In the records below, find the line with "in their order." and the line with "list.push(BodyNo(0))?;"; return exactly those lines and every line between them.

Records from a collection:
* * *
ghost use Rattle.std.specs.Prelude.{◌≡◌, ◌+◌, ◌++◌, ◌<◌, ◌^◌, [], ◌∷◌, length, IfOk, OnOk};
ghost use Rattle.core_form.specs.Fine.{IsWellFormed};
ghost use Rattle.core_form.specs.Proper.{IsProper};
ghost use Rattle.first_conditions.specs.Conditions.{MeetsConditions, variable_keys};
ghost use Rattle.first_lower.specs.Lowered.{IsLowered, elaboration, low_procedure, low_package, assignments_of};
ghost use Rattle.first_conditions.specs.Conditions.{entries_of};
ghost use Rattle.first_path.specs.Nested.{AreNested};
ghost use Rattle.core_form.specs.Fine.{AreFineNodes};
ghost use Rattle.first_lower.specs.Assembled.{HasRoots, IsAssembled, bodies_of};
ghost use Rattle.first_lower.specs.Known.{Each, KnownEntry, KnownLine};
ghost use Rattle.first_lower.specs.Steps.{Adds};

use crate::code::{add_lines, add_sequence, add_variables};
use crate::contract::contract;
use crate::tables::{dotted, items, leaves, vars};
use core_form::{Body, BodyKind, Nodes, Package, Program, States};
use first_conditions::KeyTable;
use first_path::{Line, Source, Word};
use spark_base::{BodyNo, Bytes, Items, NoMemory, PackageNo, Span, StmtNo};
use std::alloc::Global;

/// The elaboration of the spec or the body of the package.
fn elaboration(
    alloc: Global,
    home: &Word,
    at: &Word,
    code: StmtNo,
    in_spec: bool,
) -> Result<Body, NoMemory>
    ensures { IfOk result (λ b. b ≡ elaboration home.now at.now code in_spec) }
{
    Ok(Body {
        name: Bytes::from_slice(alloc, home.written.as_slice())?,
        place: at.span,
        declared: at.span,
        kind: BodyKind::Elaboration,
        package: Some(PackageNo(0)),
        object: None,
        formals: Items::new(alloc),
        code,
        outer: None,
        inner: None,
        in_spec,
    })
}

/// The body of the procedure, with its contract.
fn procedure(
    alloc: Global,
    source: &Source,
    table: &KeyTable,
    code: StmtNo,
) -> Result<Body, NoMemory>
    requires known { Each (KnownEntry table.now) (entries_of source.now.spec.procedure.global) }
    requires room { length table.now < 2 ^ 32 }
    ensures { IfOk result (λ b. b ≡ low_procedure table.now source.now code) }
{
    let spec = &source.spec;
    let outer = contract(alloc, table, &spec.procedure.aspect, &spec.procedure.global)?;
    Ok(Body {
        name: dotted(alloc, &spec.package, &spec.procedure.name)?,
        place: source.body.procedure.name.span,
        declared: spec.procedure.name.span,
        kind: BodyKind::Procedure,
        package: Some(PackageNo(0)),
        object: None,
        formals: Items::new(alloc),
        code,
        outer: Some(outer),
        inner: None,
        in_spec: false,
    })
}

/// The package.
fn package(alloc: Global, home: &Word) -> Result<Package, NoMemory>
    ensures { IfOk result (λ p. p ≡ low_package home.now) }
{
    Ok(Package {
        name: Bytes::from_slice(alloc, home.written.as_slice())?,
        place: home.span,
        has_states: false,
        initial: None,
        initial_place: None,
    })
}

/// Adds the place of an assignment.
fn append_place(list: &mut Items<Span>, line: &Line) -> Result<(), NoMemory>
    ensures { OnOk result (list.new ≡ list.old ++ assignments_of (line.now ∷ [])) }
{
    match line {
        Line::Assign { target, .. } => list.push(target.span),
        Line::Null | Line::If(_) | Line::Else | Line::EndIf => Ok(()),
    }
}

/// The places of the assignments.
fn assignments(alloc: Global, lines: &[Line]) -> Result<Items<Span>, NoMemory>
    ensures { IfOk result (λ l. l ≡ assignments_of lines.now) }
{
    let mut list = Items::new(alloc);
    for line in lines {
        append_place(&mut list, line)?;
    }
    Ok(list)
}

/// A list of one.
fn one<T: Drop>(alloc: Global, item: T) -> Result<Items<T>, NoMemory>
    ensures { IfOk result (λ l. l ≡ item ∷ []) }
{
    let mut list = Items::new(alloc);
    list.push(item)?;
    Ok(list)
}

/// The elaborations, in their order.
fn order(alloc: Global) -> Result<Items<BodyNo>, NoMemory>
    ensures { IfOk result (λ l. l ≡ record { 0 = 0 } ∷ record { 0 = 1 } ∷ []) }
{
    let mut list = Items::new(alloc);
    list.push(BodyNo(0))?;
    list.push(BodyNo(1))?;
    Ok(list)
}

/// The codes of the three bodies.
#[derive(Clone, Copy, Debug, PartialEq, Eq)]
struct Roots {
    spec: StmtNo,
    body: StmtNo,
    procedure: StmtNo,
}

/// Adds the codes of the bodies.
fn add_code(
    alloc: Global,
    nodes: &mut Nodes,
    source: &Source,
    table: &KeyTable,
) -> Result<Roots, NoMemory>
    requires fine { AreFineNodes nodes.old }
    requires leaves { nodes.old.leaves ≡ length source.now.spec.variables }
    requires table { length table.now ≡ length source.now.spec.variables }
    requires known { Each (KnownLine table.now) source.now.body.procedure.lines }
    ensures adds { OnOk result (Adds nodes.old nodes.new) }
    ensures roots { IfOk result (λ r. HasRoots source.now table.now nodes.new r) }
{
    let spec = add_variables(alloc, nodes, source.spec.variables.as_slice())?;
    let body = add_sequence(nodes, Items::new(alloc))?;
    let procedure = add_lines(alloc, nodes, table, source.body.procedure.lines.as_slice())?;
    Ok(Roots {
        spec,
        body,
        procedure,
    })
}

/// The bodies: the elaborations of spec and body, and the procedure.
fn bodies(
    alloc: Global,
    source: &Source,
    table: &KeyTable,
    roots: &Roots,
) -> Result<Items<Body>, NoMemory>
    requires known { Each (KnownEntry table.now) (entries_of source.now.spec.procedure.global) }
    requires room { length table.now < 2 ^ 32 }
    ensures { IfOk result (λ l. l ≡ bodies_of source.now table.now roots.now) }
{
    let home = &source.spec.package;
    let mut list = Items::new(alloc);
    list.push(elaboration(alloc, home, home, roots.spec, true)?)?;
    list.push(elaboration(alloc, home, &source.body.package, roots.body, false)?)?;
    list.push(procedure(alloc, source, table, roots.procedure)?)?;
    Ok(list)
}

/// The program of these nodes.
fn assemble(
    alloc: Global,
    source: &Source,
    table: &KeyTable,
    nodes: Nodes,
    roots: &Roots,
) -> Result<Program, NoMemory>
    requires known { Each (KnownEntry table.now) (entries_of source.now.spec.procedure.global) }
    requires room { length table.now < 2 ^ 32 }
    requires variables { length source.now.spec.variables < 2 ^ 32 }
    ensures { IfOk result (λ p. IsAssembled source.now table.now nodes roots.now p) }
{
    let home = &source.spec.package;
    let variables = source.spec.variables.as_slice();
    let Nodes { exprs, stmts, .. } = nodes;
    Ok(Program {
        leaves: leaves(alloc, home, variables)?,
        vars: vars(alloc, home, variables)?,
        items: items(alloc, variables)?,
        bodies: bodies(alloc, source, table, roots)?,
        packages: one(alloc, package(alloc, home)?)?,
        states: States {
            list: Items::new(alloc),
        },
        objects: Items::new(alloc),
        tasks: Items::new(alloc),
        order: order(alloc)?,
        main: None,
        stmts,
        exprs,
        part_of: Items::new(alloc),
        constituents: Items::new(alloc),
        assignments: assignments(alloc, source.body.procedure.lines.as_slice())?,
    })
}

/// The core program of a source. `table` has the keys of its variables. 2^32 - 1 variables or more, 2^32 expressions or
/// statements or more, and no room for what is made are want of memory.
pub fn lower(alloc: Global, source: &Source, table: &KeyTable) -> Result<Program, NoMemory>
    requires nested { AreNested source.now.body.procedure.lines }
    requires conditions { MeetsConditions source.now }
    requires table { table.now ≡ variable_keys source.now.spec.variables }
    ensures lowered { IfOk result (IsLowered source.now) }
    ensures fine { IfOk result IsWellFormed }
    ensures proper { IfOk result IsProper }
{
    let count = source.spec.variables.len();
    if count >= u32::MAX as usize {
        return Err(NoMemory);
    }
    let mut nodes = Nodes::new(alloc, count as u32);
    let roots = add_code(alloc, &mut nodes, source, table)?;
    let program = assemble(alloc, source, table, nodes, &roots)?;
    Ok(program)
}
* * *
→ **Response box**
/// The elaborations, in their order.
fn order(alloc: Global) -> Result<Items<BodyNo>, NoMemory>
    ensures { IfOk result (λ l. l ≡ record { 0 = 0 } ∷ record { 0 = 1 } ∷ []) }
{
    let mut list = Items::new(alloc);
    list.push(BodyNo(0))?;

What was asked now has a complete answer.